U.S. Ranks Last in Study of Preventable Deaths in Industrialized Countries



Michael Moore’s documented it in his 2007 film “Sicko”.  The 2008 presidential candidates expend copious airtime talking about it.  But the truth is that we all know the U.S. health care system needs a serious overhaul. 

To add fuel to the fire a new study has ranked the US dead last among 19 industrialized nations in numbers preventable deaths due to treatable medical conditions.  Such poor performance calls American’s failure to provide adequate health care to all citizens into even sharper focus.  Those who deliver health care in America know this reality all too well: clinicians, nurses, and other providers contend with it on a daily basis. 

Researchers from the London School of Hygiene and Tropical Medicine compiled multinational statistics on preventable deaths as a way to gauge each country’s ability to deliver prompt and effective care.  They looked at deaths occurring before the age of 75 from various medical conditions including heart disease, stroke, cancer, diabetes, and avoidable surgical complications.

Scoring high marks in the ranking were France, Japan and Australia.  In France, according to the study published in the journal Health Affairs, 64.8 deaths per 100,000 people could have been prevented had timely and effective services been in place.  Japan and Australia secured second and third place on the ranking with about 71 preventable deaths per 100,000 people.  Next in the list were, in order, Italy, Canada, Norway, the Netherlands, Sweden, Greece, Austria, Germany, Finland, New Zealand, Denmark, Britain, Ireland, and Portugal.  Researchers placed the United States at the bottom of the list with 109.7 preventable deaths per 100,000 people.  The study concluded that the difference between last place and first place was the equivalent of 101,000 preventable deaths in a year. 

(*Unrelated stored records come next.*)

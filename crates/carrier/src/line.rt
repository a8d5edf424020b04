// The line: a carrier that always gives the oldest parcel of a lane.
// Assumes nothing.
ghost use Rattle.carrier.specs.Carriers.{line_lanes};
ghost use Rattle.carrier.specs.Parcels.{Taken, TakenAt};
ghost use Rattle.carrier.specs.Stored.{Opened};
ghost use Rattle.carrier.specs.Stores.{few_lanes, short_lanes};

use crate::storage::{End, Storage};
use crate::traits::{Carrier, OldestFirst, Received};
use words::refusal::Refusal;

// An oldest-first carrier: its take gives the oldest parcel too.
#[derive(Drop)]
pub struct Line {
    storage: Storage,
}

impl Line {
    // A line with so many lanes, all empty.
    pub fn new(lanes: usize) -> Result<Line, Refusal>
        ensures { Opened line_lanes lanes result }
    {
        Ok(Line {
            storage: Storage::new(lanes)?,
        })
    }
}

impl Carrier for Line {
    ghost lanes = { line_lanes };

    ghost few = { λ line. few_lanes line.storage };

    ghost short = { λ line. short_lanes _ };

    fn count(&self, lane: usize) -> Result<usize, Refusal> {
        self.storage.count(lane)
    }

    fn post(&mut self, lane: usize, head: u32, body: &[u32]) -> Result<(), Refusal> {
        self.storage.post(lane, head, body)
    }

    fn take(&mut self, lane: usize, space: &mut [u32]) -> Result<Received, Refusal>
        ensures some { Taken (line_lanes self.old) lane space.old result space.new (line_lanes self.new) }
        ensures oldest { TakenAt 0 (line_lanes self.old) lane space.old result space.new (line_lanes self.new) }
    {
        self.storage.take(lane, End::Oldest, space)
    }
}

impl OldestFirst for Line {
    fn take_oldest(&mut self, lane: usize, space: &mut [u32]) -> Result<Received, Refusal> {
        self.take(lane, space)
    }
}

Researchers also noted that the US has slipped 4 notches from its previous ranking a decade ago.  In the last 10 years, all 19 countries reduced overall numbers of preventable deaths.  The other 18 nations, however, were much more successful in decreasing their rates of preventable deaths.  The US reduced the number of preventable deaths by only 4 percent in contrast to an average of 16 percent cited for the other countries. 

While we Americans continue to pay for more for healthcare than our industrialized counterparts, we are dramatically slower in effecting improvements in the provision of that care.  Researchers suggest that if the ranking had included only insured Americans the US would not have placed last in the list.  They hypothesize that the critical contributor to the US’s poor showing is the startling number of Americans without health insurance, a number of Americans estimated at 47 million people.    

Once again Americans are reminded of the pressing need to narrow the margin between the haves and the have-nots, to address the healthcare concerns of all Americans.  The London School of Hygiene and Tropical Medicine study informs us, both as nurses and as Americans, that such disparities can and do result in catastrophic delays in care and treatment. 




Reuters (8 Jan 2008).  France best, U.S. worst in preventable death ranking.